START MATERIAL TO PROCESS

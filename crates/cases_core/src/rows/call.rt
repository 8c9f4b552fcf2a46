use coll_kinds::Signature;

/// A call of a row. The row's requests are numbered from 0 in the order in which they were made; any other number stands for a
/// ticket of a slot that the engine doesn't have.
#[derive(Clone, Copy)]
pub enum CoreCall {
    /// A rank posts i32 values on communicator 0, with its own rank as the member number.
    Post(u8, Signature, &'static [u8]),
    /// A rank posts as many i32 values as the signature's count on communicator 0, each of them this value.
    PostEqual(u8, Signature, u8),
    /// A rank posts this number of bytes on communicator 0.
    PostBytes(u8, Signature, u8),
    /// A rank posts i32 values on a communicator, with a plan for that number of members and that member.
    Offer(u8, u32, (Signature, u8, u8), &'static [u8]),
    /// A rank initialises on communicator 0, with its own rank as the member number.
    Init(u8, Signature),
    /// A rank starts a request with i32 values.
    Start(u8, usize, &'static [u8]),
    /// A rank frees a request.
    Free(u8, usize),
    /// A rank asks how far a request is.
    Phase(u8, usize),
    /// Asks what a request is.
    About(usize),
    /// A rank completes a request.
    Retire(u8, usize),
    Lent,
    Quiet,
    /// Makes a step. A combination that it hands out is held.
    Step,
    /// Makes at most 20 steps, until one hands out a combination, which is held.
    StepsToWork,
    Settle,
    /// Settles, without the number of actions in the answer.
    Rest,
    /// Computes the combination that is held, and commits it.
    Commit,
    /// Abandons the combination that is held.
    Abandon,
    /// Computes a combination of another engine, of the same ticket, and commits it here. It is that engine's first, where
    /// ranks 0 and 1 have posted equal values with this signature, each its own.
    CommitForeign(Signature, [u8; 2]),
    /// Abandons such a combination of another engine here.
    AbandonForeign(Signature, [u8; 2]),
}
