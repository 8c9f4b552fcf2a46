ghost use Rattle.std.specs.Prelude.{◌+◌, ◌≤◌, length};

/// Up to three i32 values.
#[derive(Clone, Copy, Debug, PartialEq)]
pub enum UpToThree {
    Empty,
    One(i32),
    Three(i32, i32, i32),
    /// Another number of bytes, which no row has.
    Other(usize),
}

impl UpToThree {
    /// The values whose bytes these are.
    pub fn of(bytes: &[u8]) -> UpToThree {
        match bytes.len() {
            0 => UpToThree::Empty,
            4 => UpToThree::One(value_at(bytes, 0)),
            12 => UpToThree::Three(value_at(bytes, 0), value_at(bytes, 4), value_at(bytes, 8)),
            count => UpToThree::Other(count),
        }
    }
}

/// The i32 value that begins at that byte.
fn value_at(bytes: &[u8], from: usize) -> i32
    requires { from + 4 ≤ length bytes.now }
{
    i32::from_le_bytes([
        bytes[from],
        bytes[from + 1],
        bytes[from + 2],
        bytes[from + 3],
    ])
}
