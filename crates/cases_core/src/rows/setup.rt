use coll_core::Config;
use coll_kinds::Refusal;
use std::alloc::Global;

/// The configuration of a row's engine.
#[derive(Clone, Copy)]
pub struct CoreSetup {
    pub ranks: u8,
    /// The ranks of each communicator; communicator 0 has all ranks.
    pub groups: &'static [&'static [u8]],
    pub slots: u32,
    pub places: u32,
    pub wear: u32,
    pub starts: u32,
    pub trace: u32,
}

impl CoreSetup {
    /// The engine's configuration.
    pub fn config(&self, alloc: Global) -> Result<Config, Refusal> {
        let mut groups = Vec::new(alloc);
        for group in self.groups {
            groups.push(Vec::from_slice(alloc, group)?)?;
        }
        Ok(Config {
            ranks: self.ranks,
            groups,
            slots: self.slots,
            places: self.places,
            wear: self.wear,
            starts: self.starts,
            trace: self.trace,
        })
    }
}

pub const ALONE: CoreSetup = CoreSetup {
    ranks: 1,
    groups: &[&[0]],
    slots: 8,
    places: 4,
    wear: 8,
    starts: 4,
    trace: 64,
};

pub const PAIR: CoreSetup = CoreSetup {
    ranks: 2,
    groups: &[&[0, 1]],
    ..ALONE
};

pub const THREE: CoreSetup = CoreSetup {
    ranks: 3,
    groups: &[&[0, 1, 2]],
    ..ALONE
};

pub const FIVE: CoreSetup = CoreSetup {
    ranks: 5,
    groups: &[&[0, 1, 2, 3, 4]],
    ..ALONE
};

END MATERIAL TO PROCESS
START MATERIAL TO PROCESS

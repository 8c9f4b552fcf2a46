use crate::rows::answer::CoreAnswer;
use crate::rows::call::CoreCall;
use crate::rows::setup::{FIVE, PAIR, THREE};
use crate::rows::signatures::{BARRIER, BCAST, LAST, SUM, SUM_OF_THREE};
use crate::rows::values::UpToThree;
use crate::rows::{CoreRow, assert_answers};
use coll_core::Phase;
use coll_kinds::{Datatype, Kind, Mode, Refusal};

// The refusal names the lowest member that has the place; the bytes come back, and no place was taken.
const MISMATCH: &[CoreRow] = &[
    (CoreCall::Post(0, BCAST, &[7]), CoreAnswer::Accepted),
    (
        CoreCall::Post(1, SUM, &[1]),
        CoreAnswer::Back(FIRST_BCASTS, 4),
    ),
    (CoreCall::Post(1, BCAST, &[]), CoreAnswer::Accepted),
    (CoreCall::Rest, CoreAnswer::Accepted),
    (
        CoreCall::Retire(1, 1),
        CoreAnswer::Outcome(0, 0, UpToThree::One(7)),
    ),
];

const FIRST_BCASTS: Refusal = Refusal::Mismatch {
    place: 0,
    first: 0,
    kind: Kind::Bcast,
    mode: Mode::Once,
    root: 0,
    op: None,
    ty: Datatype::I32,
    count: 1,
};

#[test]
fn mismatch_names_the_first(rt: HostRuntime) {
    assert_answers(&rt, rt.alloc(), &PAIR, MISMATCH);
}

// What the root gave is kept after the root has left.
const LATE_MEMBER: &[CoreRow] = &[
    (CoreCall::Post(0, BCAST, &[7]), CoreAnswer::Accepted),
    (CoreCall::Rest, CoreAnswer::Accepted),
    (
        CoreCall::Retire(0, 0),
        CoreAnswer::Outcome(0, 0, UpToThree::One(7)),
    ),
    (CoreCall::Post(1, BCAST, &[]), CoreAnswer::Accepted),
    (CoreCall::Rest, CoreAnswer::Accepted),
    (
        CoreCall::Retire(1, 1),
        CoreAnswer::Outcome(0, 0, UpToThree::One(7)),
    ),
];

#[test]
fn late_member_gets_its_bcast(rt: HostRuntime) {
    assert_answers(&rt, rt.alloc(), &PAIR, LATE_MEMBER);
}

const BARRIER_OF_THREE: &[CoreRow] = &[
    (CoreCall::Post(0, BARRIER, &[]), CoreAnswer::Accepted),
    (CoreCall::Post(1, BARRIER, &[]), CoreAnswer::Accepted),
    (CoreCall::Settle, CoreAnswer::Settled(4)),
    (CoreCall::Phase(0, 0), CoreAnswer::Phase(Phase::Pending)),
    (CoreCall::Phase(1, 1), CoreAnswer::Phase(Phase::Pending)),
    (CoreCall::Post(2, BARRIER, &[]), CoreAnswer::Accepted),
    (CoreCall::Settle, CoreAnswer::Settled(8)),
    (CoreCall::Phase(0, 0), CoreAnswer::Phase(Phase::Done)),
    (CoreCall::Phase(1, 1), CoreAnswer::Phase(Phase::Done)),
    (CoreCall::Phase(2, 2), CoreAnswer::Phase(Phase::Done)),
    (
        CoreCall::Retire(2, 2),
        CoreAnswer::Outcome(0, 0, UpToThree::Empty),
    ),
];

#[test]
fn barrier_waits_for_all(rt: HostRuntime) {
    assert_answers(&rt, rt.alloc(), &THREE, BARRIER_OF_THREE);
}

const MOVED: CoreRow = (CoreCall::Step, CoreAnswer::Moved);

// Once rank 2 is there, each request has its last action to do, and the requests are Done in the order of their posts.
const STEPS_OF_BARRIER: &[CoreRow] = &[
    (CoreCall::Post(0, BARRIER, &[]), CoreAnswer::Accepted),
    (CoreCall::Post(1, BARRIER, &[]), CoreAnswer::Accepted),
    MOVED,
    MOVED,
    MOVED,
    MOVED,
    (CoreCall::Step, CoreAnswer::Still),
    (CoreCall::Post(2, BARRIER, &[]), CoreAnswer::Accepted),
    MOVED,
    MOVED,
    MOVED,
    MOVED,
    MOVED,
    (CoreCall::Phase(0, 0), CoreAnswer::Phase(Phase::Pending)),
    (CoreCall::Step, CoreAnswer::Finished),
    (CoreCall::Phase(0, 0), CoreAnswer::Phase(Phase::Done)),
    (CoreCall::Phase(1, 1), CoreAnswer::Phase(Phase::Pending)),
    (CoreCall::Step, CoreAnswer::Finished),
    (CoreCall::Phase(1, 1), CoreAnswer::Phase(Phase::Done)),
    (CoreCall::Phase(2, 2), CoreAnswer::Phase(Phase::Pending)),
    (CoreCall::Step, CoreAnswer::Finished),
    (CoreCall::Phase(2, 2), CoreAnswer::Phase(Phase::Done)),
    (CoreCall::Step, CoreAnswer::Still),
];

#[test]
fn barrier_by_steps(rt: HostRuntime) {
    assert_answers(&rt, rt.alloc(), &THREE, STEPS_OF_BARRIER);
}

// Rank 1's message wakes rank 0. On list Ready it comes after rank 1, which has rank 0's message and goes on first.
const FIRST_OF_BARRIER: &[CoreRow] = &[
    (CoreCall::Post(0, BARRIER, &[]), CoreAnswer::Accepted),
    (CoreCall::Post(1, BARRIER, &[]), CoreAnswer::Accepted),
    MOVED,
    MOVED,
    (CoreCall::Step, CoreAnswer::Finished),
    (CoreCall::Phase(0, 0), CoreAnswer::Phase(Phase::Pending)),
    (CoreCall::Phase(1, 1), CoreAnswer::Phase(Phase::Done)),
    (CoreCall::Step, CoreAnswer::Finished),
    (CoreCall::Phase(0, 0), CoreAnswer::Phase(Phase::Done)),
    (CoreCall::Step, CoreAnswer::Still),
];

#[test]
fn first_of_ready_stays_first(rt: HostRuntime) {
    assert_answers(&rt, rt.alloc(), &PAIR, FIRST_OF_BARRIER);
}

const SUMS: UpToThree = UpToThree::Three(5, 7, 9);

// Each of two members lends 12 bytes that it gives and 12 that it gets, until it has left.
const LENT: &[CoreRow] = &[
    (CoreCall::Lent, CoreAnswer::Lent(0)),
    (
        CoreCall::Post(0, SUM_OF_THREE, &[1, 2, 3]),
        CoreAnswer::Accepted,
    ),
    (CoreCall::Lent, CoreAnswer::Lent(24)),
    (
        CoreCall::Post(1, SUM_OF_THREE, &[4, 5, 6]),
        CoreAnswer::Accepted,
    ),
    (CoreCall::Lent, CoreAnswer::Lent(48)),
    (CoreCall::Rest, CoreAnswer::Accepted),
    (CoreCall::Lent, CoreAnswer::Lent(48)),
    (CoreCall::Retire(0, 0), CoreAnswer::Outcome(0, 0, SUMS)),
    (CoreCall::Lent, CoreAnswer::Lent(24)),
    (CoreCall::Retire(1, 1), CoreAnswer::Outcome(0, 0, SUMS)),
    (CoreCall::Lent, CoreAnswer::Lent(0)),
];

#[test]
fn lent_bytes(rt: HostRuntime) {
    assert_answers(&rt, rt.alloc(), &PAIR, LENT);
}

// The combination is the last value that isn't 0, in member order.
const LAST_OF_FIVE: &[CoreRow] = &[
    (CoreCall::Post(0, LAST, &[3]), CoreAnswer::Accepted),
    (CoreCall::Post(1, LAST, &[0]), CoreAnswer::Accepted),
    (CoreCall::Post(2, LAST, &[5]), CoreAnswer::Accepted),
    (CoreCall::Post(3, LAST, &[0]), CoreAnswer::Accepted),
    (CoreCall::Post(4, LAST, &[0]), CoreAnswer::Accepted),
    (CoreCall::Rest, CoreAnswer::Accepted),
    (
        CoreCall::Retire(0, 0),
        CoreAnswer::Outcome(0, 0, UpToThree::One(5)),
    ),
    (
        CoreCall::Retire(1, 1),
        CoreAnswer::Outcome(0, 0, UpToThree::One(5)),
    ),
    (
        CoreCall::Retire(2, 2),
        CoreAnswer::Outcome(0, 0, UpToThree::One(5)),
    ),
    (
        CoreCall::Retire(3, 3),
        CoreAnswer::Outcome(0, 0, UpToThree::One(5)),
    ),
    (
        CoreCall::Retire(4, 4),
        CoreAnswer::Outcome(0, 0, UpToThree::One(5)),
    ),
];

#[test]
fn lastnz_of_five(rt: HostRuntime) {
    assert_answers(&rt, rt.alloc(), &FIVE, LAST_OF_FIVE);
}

END MATERIAL TO PROCESS

WHAT IS BEING ASKED:
Wherever a line contains the string "held", copy that line from the data.

EXERCISE RESPONSE:
    /// Makes a step. A combination that it hands out is held.
    /// Makes at most 20 steps, until one hands out a combination, which is held.
    /// Computes the combination that is held, and commits it.
    /// Abandons the combination that is held.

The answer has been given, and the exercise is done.